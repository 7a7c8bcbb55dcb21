//! The modules in the order of their labels.

ghost use Rattle.std.specs.Prelude.{◌≡◌, [], IfOk, OnOk};
ghost use Rattle.std.specs.List.Sorted.{IsPermutation, IsSorted};
ghost use Rattle.bq_label_set.specs.Labels.{with_labels};
ghost use Rattle.bq_load_discover.specs.Module.{module_cmp, labels_of, AreValid};

use crate::modules::Module;
use bq_label_set::LabelSet;
use std::alloc::{AllocError, Global};

/// Returns the modules in the order of the bytes of their labels' full forms.
pub(crate) fn sorted(modules: Vec<Module>) -> Vec<Module>
    ensures moved { IsPermutation modules.items result.items }
    ensures ascending { IsSorted module_cmp result.items }
{
    let mut modules = modules;
    modules.sort_unstable_by(|a, b| a.label.cmp(&b.label));
    modules
}

/// Returns the set of the labels of modules, in their order.
#[tactic(auto, unfolding(bq_label_set::specs::Labels::with_labels))]
pub(crate) fn labels(alloc: Global, modules: &[Module]) -> Result<LabelSet, AllocError>
    ensures labels { IfOk result (λ ls. ls ≡ with_labels [] (labels_of modules.now)) }
    ensures valid { OnOk result (AreValid modules.now) }
{
    let mut labels = LabelSet::new(alloc);
    for each in modules {
        let _name = each.label.name(); // PROOF: its label is valid
        labels.add(&each.label)?;
    }
    Ok(labels)
}
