//! Augmented assignments (Starlark, "Augmented assignments").

ghost use Rattle.std.specs.Prelude.{◌≡◌, IfOk};
ghost use Rattle.bq_builtin_operators.specs.Action.{Does};
ghost use Rattle.bq_builtin_operators.specs.InPlace.{augment_sum, augment_union, augment};

use bq_builtin_operators::{
    Dict, EvalErr, Key, Machine, Node, Operator, Value, binary, dict_in, extend, list_in, unite,
};
use std::alloc::{AllocError, Global};

/// Carries out `a op= b`: a list by `+=`, and a dict by `|=`, is changed in place. All else is `a op b`.
#[inline(always)]
#[tactic(auto, unfolding(bq_builtin_operators::specs::InPlace::augment))]
pub fn augment(
    alloc: Global,
    machine: &mut Machine,
    operator: Operator,
    a: &Value,
    b: &Value,
) -> Result<Value, EvalErr>
    ensures { Does (λ value. value) result machine.new (augment operator a.now b.now machine.old) }
{
    match operator {
        Operator::Add => augment_sum(alloc, machine, a, b),
        Operator::BitOr => augment_union(alloc, machine, a, b),
        _ => binary(alloc, machine, operator, a, b),
    }
}

/// Carries out `a += b`; for a list F40, F47, F48, F54.
#[tactic(auto, unfolding(bq_builtin_operators::specs::InPlace::augment_sum, bq_builtin_operators::specs::Operate::binary))]
fn augment_sum(alloc: Global, machine: &mut Machine, a: &Value, b: &Value) -> Result<Value, EvalErr>
    ensures { Does (λ value. value) result machine.new (augment_sum a.now b.now machine.old) }
{
    match &a.node {
        Node::Cell(cell) => {
            list_in(machine.store(), a)?;
            let more = machine.elements(alloc, b)?;
            extend(machine, *cell, more)?;
            Ok(Value::cell(*cell))
        }
        _ => binary(alloc, machine, Operator::Add, a, b),
    }
}

/// Carries out `a |= b`; for a dict F40, F47, F48, F54.
#[tactic(auto, unfolding(bq_builtin_operators::specs::InPlace::augment_union, bq_builtin_operators::specs::Operate::binary))]
fn augment_union(
    alloc: Global,
    machine: &mut Machine,
    a: &Value,
    b: &Value,
) -> Result<Value, EvalErr>
    ensures { Does (λ value. value) result machine.new (augment_union a.now b.now machine.old) }
{
    match &a.node {
        Node::Cell(cell) => {
            dict_in(machine.store(), a)?;
            let more = pairs_of(alloc, dict_in(machine.store(), b)?)?;
            unite(machine, *cell, &more)?;
            Ok(Value::cell(*cell))
        }
        _ => binary(alloc, machine, Operator::BitOr, a, b),
    }
}

/// Shares the pairs of a dict.
fn pairs_of(alloc: Global, dict: &Dict) -> Result<Vec<(Key, Value)>, AllocError>
    ensures { IfOk result (λ pairs. pairs.items ≡ dict.now) }
{
    let mut pairs = Vec::with_capacity(alloc, dict.len())?;
    for i in 0..dict.len() {
        let (key, value) = dict.pair(i);
        pairs.push((key.share()?, value.share()?))?;
    }
    Ok(pairs)
}
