/// Applies `x op value` to an integer and the value that lies there.
#[inline(never)]
fn apply_there<R: Runtime>(
    runtime: &mut R,
    operator: Operator,
    x: i64,
    out: &mut AnswerPlace,
) -> Option<i64>
    ensures { ReturnsOn R.means R.seen out.old (R.means.binary operator (int x)) runtime.old (answer_of result out.new) runtime.new }
{
    match taken(out) {
        None => failed_there(out),
        Some(right) => {
            let left = Value::int(x);
            let outcome = runtime.binary(operator, &left, &right);
            placed(out, outcome)
        }
    }
}

impl<
    'a,
    R: Runtime,
    C: Copy,
    F: Copy
        + Fn(&Context<'_>, usize, C, &Frame<'_>, &mut R, &Expr, &mut AnswerPlace) -> Option<i64>,
> Evaluator<'a, R, C, F> {
    /// Evaluates operators before an operand.
    #[inline(never)]
    #[tactic(auto, unfolding(bq_eval_spec::specs::Expressions::unary))]
    pub fn unary(
        &self,
        runtime: &mut R,
        operators: &[UnaryOperator],
        code: &Expr,
    ) -> Result<Value, EvalErr>
        requires { EvaluatesInside R.means R.seen self.now F.pre F.post }
        ensures { Returns R.means R.seen (meaning.unary R.means (evals_in R.means self.now) operators.now code.now (frame_of self.now)) runtime.old result runtime.new }
    {
        runtime.step(operators.len() as u64)?;
        let value = self.value(runtime, code)?;
        unary_each(runtime, operators, value)
    }

    /// Applies one operation to the value so far.
    #[inline(always)]
    #[tactic(auto, unfolding(bq_eval_spec::specs::Expressions::operation))]
    fn operation(
        &self,
        runtime: &mut R,
        operation: &Operation,
        left: &Value,
    ) -> Result<Value, EvalErr>
        requires { EvaluatesInside R.means R.seen self.now F.pre F.post }
        ensures { Returns R.means R.seen (meaning.operation R.means (evals_in R.means self.now) operation.now (frame_of self.now) left.now) runtime.old result runtime.new }
    {
        match operation.operator {
            Operator::And => {
                if runtime.truth(left) {
                    return self.value(runtime, &operation.operand);
                }
                Ok(left.share()?)
            }
            Operator::Or => {
                if runtime.truth(left) {
                    return Ok(left.share()?);
                }
                self.value(runtime, &operation.operand)
            }
            operator => self.apply(runtime, operator, left, &operation.operand),
        }
    }

    /// Applies `left op operand`, for all operators but `and` and `or`. Most operands are local names or integers.
    #[inline(always)]
    fn apply(
        &self,
        runtime: &mut R,
        operator: Operator,
        left: &Value,
        operand: &Expr,
    ) -> Result<Value, EvalErr>
        requires { EvaluatesInside R.means R.seen self.now F.pre F.post }
        ensures { Returns R.means R.seen (and_then (value_inside R.means self.now operand.now) (R.means.binary operator left.now)) runtime.old result runtime.new }
    {
        if self.depth > 0 {
            if let Expr::Name(name) = operand {
                if let Referent::Local(slot) = name.referent {
                    let right = local_use(self.frame, runtime, slot)?;
                    return runtime.binary(operator, left, right);
                }
            }
            if let Expr::Int(n) = operand {
                return apply_int(runtime, operator, left, *n);
            }
        }
        let right = self.value(runtime, operand)?;
        runtime.binary(operator, left, &right)
    }

    #[tactic(auto, unfolding(bq_eval_spec::specs::Expressions::operations))]
    fn operations(
        &self,
        runtime: &mut R,
        operations: &[Operation],
        first: Value,
    ) -> Result<Value, EvalErr>
        requires { EvaluatesInside R.means R.seen self.now F.pre F.post }
        ensures { Returns R.means R.seen (meaning.operations R.means (evals_in R.means self.now) operations.now (frame_of self.now) first) runtime.old result runtime.new }
    {
        let mut value = first;
        for operation in operations {
            value = self.operation(runtime, operation, &value)?;
        }
        Ok(value)
    }

    /// Applies the operations of a chain to its first operand. Most often it is one.
    #[tactic(auto, unfolding(bq_eval_spec::specs::Expressions::operations))]
    #[inline(always)]
    fn chain(
        &self,
        runtime: &mut R,
        operations: &[Operation],
        first: &Value,
    ) -> Result<Value, EvalErr>
        requires { EvaluatesInside R.means R.seen self.now F.pre F.post }
        ensures { Returns R.means R.seen (meaning.operations R.means (evals_in R.means self.now) operations.now (frame_of self.now) first.now) runtime.old result runtime.new }
    {
        match operations {
            [operation] => self.operation(runtime, operation, first),
            _ => self.long_chain(runtime, operations, first),
        }
    }

    /// Applies any number of operations.
    #[tactic(auto, unfolding(bq_eval_spec::specs::Expressions::operations))]
    #[inline(never)]
    fn long_chain(
        &self,
        runtime: &mut R,
        operations: &[Operation],
        first: &Value,
    ) -> Result<Value, EvalErr>
        requires { EvaluatesInside R.means R.seen self.now F.pre F.post }
        ensures { Returns R.means R.seen (meaning.operations R.means (evals_in R.means self.now) operations.now (frame_of self.now) first.now) runtime.old result runtime.new }
    {
        match operations {
            [] => Ok(first.share()?),
            [operation, rest @ ..] => {
                let value = self.operation(runtime, operation, first)?;
                self.operations(runtime, rest, value)
            }
        }
    }

    // ---- chains whose first operand is an integer, and its operations, as long as they give integers

    /// Applies `x op operand`, for all operators but `and` and `or`.
    #[inline(always)]
    fn int_apply(
        &self,
        runtime: &mut R,
        operator: Operator,
        x: i64,
        operand: &Expr,
        out: &mut AnswerPlace,
    ) -> Option<i64>
        requires { EvaluatesInside R.means R.seen self.now F.pre F.post }
        ensures { Returns R.means R.seen (and_then (value_inside R.means self.now operand.now) (R.means.binary operator (int x))) runtime.old (answer_of result out.new) runtime.new }
    {
        match self.evaluate(runtime, operand, out) {
            Some(y) => apply_ints(runtime, operator, x, y, out),
            None => apply_there(runtime, operator, x, out),
        }
    }

    /// Applies `and` or `or`, or any other operation.
    #[inline(never)]
    fn int_decides(
        &self,
        runtime: &mut R,
        operation: &Operation,
        x: i64,
        out: &mut AnswerPlace,
    ) -> Option<i64>
        requires { EvaluatesInside R.means R.seen self.now F.pre F.post }
        ensures { Returns R.means R.seen (meaning.operation R.means (evals_in R.means self.now) operation.now (frame_of self.now) (int x)) runtime.old (answer_of result out.new) runtime.new }
    {
        let left = Value::int(x);
        let outcome = self.operation(runtime, operation, &left);
        placed(out, outcome)
    }

    /// Applies one operation to an integer.
    #[inline(always)]
    #[tactic(auto, unfolding(bq_eval_spec::specs::Expressions::operation))]
    fn int_operation(
        &self,
        runtime: &mut R,
        operation: &Operation,
        x: i64,
        out: &mut AnswerPlace,
    ) -> Option<i64>
        requires { EvaluatesInside R.means R.seen self.now F.pre F.post }
        ensures { Returns R.means R.seen (meaning.operation R.means (evals_in R.means self.now) operation.now (frame_of self.now) (int x)) runtime.old (answer_of result out.new) runtime.new }
    {
        match operation.operator {
            Operator::And => self.int_decides(runtime, operation, x, out),
            Operator::Or => self.int_decides(runtime, operation, x, out),
            operator => self.int_apply(runtime, operator, x, &operation.operand, out),
        }
    }

    /// Applies operations to the value that lies there.
    #[inline(never)]
    fn operations_there(
        &self,
        runtime: &mut R,
        operations: &[Operation],
        out: &mut AnswerPlace,
    ) -> Option<i64>
        requires { EvaluatesInside R.means R.seen self.now F.pre F.post }
        ensures { ReturnsOn R.means R.seen out.old (meaning.operations R.means (evals_in R.means self.now) operations.now (frame_of self.now)) runtime.old (answer_of result out.new) runtime.new }
    {
        match taken(out) {
            None => failed_there(out),
            Some(first) => {
                let outcome = self.operations(runtime, operations, first);
                unboxed(out, outcome)
            }
        }
    }

    /// Applies any number of operations to an integer: the rest of them to what lies there, once that is none.
    #[inline(never)]
    #[tactic(auto, unfolding(bq_eval_spec::specs::Expressions::operations))]
    fn int_operations(
        &self,
        runtime: &mut R,
        operations: &[Operation],
        first: i64,
        out: &mut AnswerPlace,
    ) -> Option<i64>
        requires { EvaluatesInside R.means R.seen self.now F.pre F.post }
        ensures { Returns R.means R.seen (meaning.operations R.means (evals_in R.means self.now) operations.now (frame_of self.now) (int first)) runtime.old (answer_of result out.new) runtime.new }
    {
        let mut value = first;
        let mut left = operations;
        while let [operation, rest @ ..] = left {
            match self.int_operation(runtime, operation, value, out) {
                None => return self.operations_there(runtime, rest, out),
                Some(n) => value = n,
            }
            left = rest;
        }
        Some(value)
    }

    /// Applies the operations of a chain to an integer. Most often it is one.
    #[inline(always)]
    #[tactic(auto, unfolding(bq_eval_spec::specs::Expressions::operations))]
    fn int_chain(
        &self,
        runtime: &mut R,
        operations: &[Operation],
        first: i64,
        out: &mut AnswerPlace,
    ) -> Option<i64>
        requires { EvaluatesInside R.means R.seen self.now F.pre F.post }
        ensures { Returns R.means R.seen (meaning.operations R.means (evals_in R.means self.now) operations.now (frame_of self.now) (int first)) runtime.old (answer_of result out.new) runtime.new }
    {
        match operations {
            [operation] => self.int_operation(runtime, operation, first, out),
            _ => self.int_operations(runtime, operations, first, out),
        }
    }

    // ---- chains

    /// Applies the operations of a chain to a value that is lent. Its use takes a step.
    #[inline(never)]
    #[tactic(auto, unfolding(bq_eval_spec::specs::Expressions::literal))]
    fn lent_chain(
        &self,
        runtime: &mut R,
        operations: &[Operation],
        first: &Value,
        out: &mut AnswerPlace,
    ) -> Option<i64>
        requires { EvaluatesInside R.means R.seen self.now F.pre F.post }
        ensures { Returns R.means R.seen (and_then (meaning.literal R.means first.now) (meaning.operations R.means (evals_in R.means self.now) operations.now (frame_of self.now))) runtime.old (answer_of result out.new) runtime.new }
    {
        match runtime.step(1) {
            Err(why) => failed(out, why),
            Ok(()) => {
                let outcome = self.chain(runtime, operations, first);
                unboxed(out, outcome)
            }
        }
    }

    /// Evaluates the first operand and the operations on it.
    #[inline(always)]
    fn chain_of(
        &self,
        runtime: &mut R,
        code: &Expr,
        operations: &[Operation],
        out: &mut AnswerPlace,
    ) -> Option<i64>
        requires { EvaluatesInside R.means R.seen self.now F.pre F.post }
        ensures { Returns R.means R.seen (and_then (value_inside R.means self.now code.now) (meaning.operations R.means (evals_in R.means self.now) operations.now (frame_of self.now))) runtime.old (answer_of result out.new) runtime.new }
    {
        if let Some(first) = self.lent_leaf(&*runtime, code) {
            return self.lent_chain(runtime, operations, first, out);
        }
        match self.evaluate(runtime, code, out) {
            Some(x) => self.int_chain(runtime, operations, x, out),
            None => self.operations_there(runtime, operations, out),
        }
    }

    /// Evaluates a chain of operators.
    #[inline(always)]
    #[tactic(auto, unfolding(bq_eval_spec::specs::Expressions::binary))]
    pub fn binary(
        &self,
        runtime: &mut R,
        code: &Expr,
        operations: &[Operation],
        out: &mut AnswerPlace,
    ) -> Option<i64>
        requires { EvaluatesInside R.means R.seen self.now F.pre F.post }
        ensures { Returns R.means R.seen (meaning.binary R.means (evals_in R.means self.now) code.now operations.now (frame_of self.now)) runtime.old (answer_of result out.new) runtime.new }
    {
        match runtime.step(operations.len() as u64) {
            Err(why) => failed(out, why),
            Ok(()) => self.chain_of(runtime, code, operations, out),
        }
    }

    #[tactic(auto, unfolding(bq_eval_spec::specs::Expressions::compare))]
    pub fn compare(
        &self,
        runtime: &mut R,
        left: &Expr,
        operator: Comparison,
        right: &Expr,
    ) -> Result<Value, EvalErr>
        requires { EvaluatesInside R.means R.seen self.now F.pre F.post }
        ensures { Returns R.means R.seen (meaning.compare R.means (evals_in R.means self.now) left.now operator right.now (frame_of self.now)) runtime.old result runtime.new }
    {
        runtime.step(1)?;
        let left = self.operand(runtime, left)?;
        let right = self.operand(runtime, right)?;
        runtime.compare(operator, left.get(), right.get())
    }

    /// Takes the step of a choice, and evaluates its condition.
    #[inline(always)]
    fn chooses(&self, runtime: &mut R, choice: &Choice, out: &mut AnswerPlace) -> Option<bool>
        requires { EvaluatesInside R.means R.seen self.now F.pre F.post }
        ensures { Returns R.means R.seen (chooses R.means (evals_in R.means self.now) choice.now (frame_of self.now)) runtime.old (or_reason result out.new) runtime.new }
    {
        match runtime.step(1) {
            Err(why) => undecided(out, why),
            Ok(()) => self.holds(runtime, &choice.condition, out),
        }
    }

    /// Evaluates `x if y else ..`: the value of the first choice whose condition holds.
    #[inline(never)]
    #[tactic(auto, unfolding(bq_eval_spec::specs::Expressions::conditional))]
    pub fn conditional(
        &self,
        runtime: &mut R,
        choices: &[Choice],
        otherwise: &Expr,
        out: &mut AnswerPlace,
    ) -> Option<i64>
        requires { EvaluatesInside R.means R.seen self.now F.pre F.post }
        ensures { Returns R.means R.seen (meaning.conditional R.means (evals_in R.means self.now) choices.now otherwise.now (frame_of self.now)) runtime.old (answer_of result out.new) runtime.new }
    {
        for choice in choices {
            match self.chooses(runtime, choice, out) {
                None => return failed_there(out),
                Some(true) => return self.evaluate(runtime, &choice.value, out),
                Some(false) => {}
            }
        }
        self.evaluate(runtime, otherwise, out)
    }
}
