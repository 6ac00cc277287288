// A strike that leaves a slot several values: takes a value out of the slot, lets the value's row of cells fall, and writes the trail; what follows from it
// is the filter's. Nothing is refused here. The contract cites `specs/Thinned.antt` and the definitions of filter_model.
#![tactic(auto)]

ghost use Rattle.std.specs.Prelude.{◌≡◌, ◌<◌, get_or};
ghost use Rattle.std.specs.Int.Count.{ones};
ghost use Rattle.domains.specs.Mask.{clear_bit};
ghost use Rattle.domains.specs.Masks.{HasAt};
ghost use Rattle.filter_model.specs.State.{Ready};
ghost use Rattle.thinning.specs.Thinned.{Thinned};

// Strikes v from a slot that has it and at least two others, so that none gets to be the only one; or finds that no stable list allows it, and
// changes nothing. `left` is the slot's mask without v.
pub fn thin(
    masks: &mut [u32],
    cells: &mut [u16],
    trail: &mut [u8],
    n: usize,
    k: u32,
    top: usize,
    slot: usize,
    v: u32,
    left: u32,
) -> descents::Descent
    requires { Ready masks.old cells.old trail.old n k top slot v × HasAt masks.old slot v
        × (2 < ones (get_or masks.old slot 0)) × (left ≡ clear_bit (get_or masks.old slot 0) v) }
    ensures { Thinned n k masks.old cells.old trail.old top
        masks.new cells.new trail.new slot v result.note result.reach result.clash }
{
    let fell = descents::fall_row(cells, v, n, slot);
    if fell.clash {
        return fell;
    }
    state_stores::push(trail, n, top, slot, v, fell.tag, fell.note);
    state_stores::store(masks, slot, left);
    fell
}
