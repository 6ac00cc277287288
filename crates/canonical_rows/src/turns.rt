// Whether the line of a type turns. The contracts cite segments_model's `corner_of`, the corners of the walls, and `specs/Lines.antt`.
ghost use Rattle.std.specs.Prelude.{◌≡◌, true, false, ◌+◌, ◌-◌, ◌<◌, ◌≤◌, length, get_or};
ghost use Rattle.std.specs.Int.Bits.{bit_or};
ghost use Rattle.domains.specs.Counts.{bit};
ghost use Rattle.segments_model.specs.Lines.{corner_of};
ghost use Rattle.canonical_rows.specs.Lines.{line_in, Line, turning};

use stores::{at, either16, entry, less16};

// Whether the line of type v turns at t; lower is its kind, true for the lower bounds.
pub fn corner_at(s: &[u16], n: usize, v: usize, lower: bool, t: usize) -> bool
    requires { Line n v s.now × (0 < t) × (t ≤ n) }
    ensures { result ≡ corner_of lower n (line_in s.now n v) t }
{
    let p = v * (n + 1) + t;
    let here = at(s, p);
    if here != at(s, p - 1) + usize::from(lower) {
        return false;
    }
    t == n || at(s, p + 1) == here + usize::from(!lower)
}

// By how much either bound turns in its way at the entry after p, where one follows it: on lines that grow by 0 or 1 that is 1 at a corner, and else 0.
// No branch: a loop on it takes several entries at once.
pub fn turns(lowers: &[u16], uppers: &[u16], p: usize) -> u16
    requires { (p + 2 < length lowers.now) × (p + 2 < length uppers.now) }
    ensures { result ≡ bit_or (turning true lowers.now p) (turning false uppers.now p) }
{
    let lower = less16(rise(lowers, p), rise(lowers, p + 1));
    let upper = less16(rise(uppers, p + 1), rise(uppers, p));
    either16(lower, upper)
}

// By how much the entry after p is above that at p; 0 where it is below.
fn rise(s: &[u16], p: usize) -> u16
    requires { p + 1 < length s.now }
    ensures { result ≡ get_or s.now (p + 1) 0 - get_or s.now p 0 }
{
    less16(entry(s, p + 1), entry(s, p))
}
◇ ◇ ◇ ◇ ◇
YOUR INSTRUCTIONS
Say how many lines in the listing above include the word "lowers". Nothing but the number is needed.

RESPONSE TO THIS EXERCISE
4